# Sony BDV-E980 home cinema lip sync



## belveder (Sep 20, 2011)

I just bought a Sony BDV-E980 home cinema a few weeks ago but have noticed an annoying problem, the lip sync always seems to be out on bluray movies (haven't tried dvd), if I pause and resume it's a hit and go try, sometimes it's worse others it's better, it's never played without lipsync problems

Any help would be appreciated


----------



## Jungle Jack (Jul 28, 2009)

Hello,
Many Blu-ray Players and AV Receivers have Lip Sync Delay Controls for that very purpose. As I am not familiar with many/any Home Theater in a Box's, I would consult the Owners Manual.
Cheers,
JJ


----------



## jarrod1937 (Oct 26, 2008)

Yes, that should be adjustable.
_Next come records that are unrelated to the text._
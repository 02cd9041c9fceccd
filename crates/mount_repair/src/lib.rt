//! Packs mounted: the index of a pack and what its data sets are, read; and the repair of what a stop left unfinished, in the
//! VTOC and in the directories of partitioned data sets.
#![tactic(auto)]

mod library;
mod repairing;
mod scanned;
mod scanning;
mod walk;

pub use library::{Library, library_of};
pub use repairing::{mount, repair};
pub use scanned::Scan;
pub use scanning::{scan, settled_law};
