//! The step that a utility runs in, with its DDs.
ghost use Rattle.std.specs.Prelude.{◌≡◌, [], length, slice_get, option_map, IsTrue, ◌↔◌, OnOk, OnErr};
ghost use Rattle.std.specs.Option.{option_copied};
ghost use Rattle.std.specs.Map.{lookup};
ghost use Rattle.indexmap.specs.IndexMap.{insert_entry};
ghost use Rattle.util_syntax.specs.Step.{same_name};

use card_text::{Card, Text};
use ebcdic_names::{Dsn, Name8};
use indexmap::IndexMap;
use jcl_forms::Dcb;
use std::alloc::{AllocError, Global};
use std::marker::Model;
use vol_model::Listed;

/// Data cards, each after its number in the deck.
pub type DataCards = Listed<(u32, Card)>;

/// What a DD gives to the program of a step.
#[derive(Debug, Drop)]
pub enum DdIn {
    /// Nothing.
    Dummy,
    /// The printer.
    Sysout,
    /// The cards that follow it in the deck.
    Cards(DataCards),
    /// A data set.
    Set {
        /// The number of its volume on the shelf, from 0.
        v: u8,
        /// Its name.
        dsn: Dsn,
        /// The member that is meant, if the DD names one.
        member: Option<Name8>,
        /// Whether records go after those that it has.
        append: bool,
        /// The attributes that the DD gives.
        dcb: Dcb,
    },
}

// The name of a DD as a key.
#[derive(Clone, Copy, Debug, PartialEq, Eq, Hash)]
pub struct DdKey {
    pub bytes: [u8; 8],
}

// The key of a name.
fn key_of(name: Name8) -> DdKey
    ensures { result.bytes ≡ name.bytes }
{
    let bytes = name.bytes;
    DdKey { bytes }
}

// The name of a key.
fn name_of_key(key: DdKey) -> Name8
    ensures { result.bytes ≡ key.bytes }
{
    let bytes = key.bytes;
    Name8 { bytes }
}

/// The DDs of a step by their names, in the order of the deck, which contracts see as the list of names and DDs.
#[derive(Drop)]
pub struct DdTable {
    map: IndexMap<DdKey, DdIn>,
}

impl Model for DdTable {
    ghost use Rattle.std.specs.Prelude.{List, map as list_map};
    ghost use Rattle.ebcdic_names.specs.declared.names.Name8.{Name8};
    ghost use Rattle.util_syntax.specs.declared.step.DdIn.{DdIn};
    ghost use Rattle.util_syntax.specs.Step.{named};

    ghost Value = { List (Name8 × DdIn) };

    ghost view = { λ table. list_map named table.map.entries };
}

impl DdTable {
    /// The table of no DD, which takes no memory yet.
    pub fn new(alloc: Global) -> Self
        ensures { result ≡ [] }
    {
        Self {
            map: IndexMap::new(alloc),
        }
    }

    /// Puts a DD after the others, or in the place of the one that has its name. An error leaves all as it was.
    pub fn insert(&mut self, name: Name8, dd: DdIn) -> Result<(), AllocError>
        ensures ok { OnOk result (self.new ≡ insert_entry same_name self.old name dd) }
        ensures err { OnErr result (self.new ≡ self.old) }
    {
        let key = key_of(name);
        self.map.insert(key, dd)?;
        Ok(())
    }

    /// The DD of a name, if there is one.
    pub fn get(&self, name: &Name8) -> Option<&DdIn>
        ensures { option_copied result ≡ lookup (same_name name.now) self.now }
    {
        let key = key_of(*name);
        self.map.get(&key)
    }

    /// The DD at this place of the deck's order, from 0, with its name.
    pub fn get_index(&self, at: usize) -> Option<(Name8, &DdIn)>
        ensures { option_map (λ dd. (dd.0, dd.1.now)) result ≡ slice_get self.now at }
    {
        match self.map.get_index(at) {
            Some((key, dd)) => Some((name_of_key(*key), dd)),
            None => None,
        }
    }

    /// The number of DDs.
    pub fn len(&self) -> usize
        ensures { result ≡ length self.now }
    {
        self.map.len()
    }

    /// Whether there is no DD.
    pub fn is_empty(&self) -> bool
        ensures { IsTrue result ↔ (self.now ≡ []) }
    {
        self.map.is_empty()
    }
}

/// The step that a utility runs in.
#[derive(Drop)]
pub struct StepIn {
    /// The program that the step names.
    pub pgm: Name8,
    /// The program's parameter.
    pub parm: Text,
    /// The number of its EXEC card in the deck, from 1.
    pub card: u32,
    /// The date of the run: the year since 1900 and the day of the year in two bytes.
    pub date: [u8; 3],
    /// Its DDs.
    pub dds: DdTable,
}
A lot of displays these days contain a lot of functions (like frame interpolation for example) that are pretty processor intensive, and so it can add a bit of delay to the video output. If there is no adjustable setting for delay, then you can try and minimize processing happening on the display, which may help.


----------



## belveder (Sep 20, 2011)

thanks peoples, I went through the menus but must have missed it, will look again, my last home cinema was just connect and play and never missed a beat, wow things have got harder


----------



## belveder (Sep 20, 2011)

jarrod1937 said:


> Yes, that should be adjustable. A lot of displays these days contain a lot of functions (like frame interpolation for example) that are pretty processor intensive, and so it can add a bit of delay to the video output. If there is no adjustable setting for delay, then you can try and minimize processing happening on the display, which may help.


are you saying i should change settings on the tv?


----------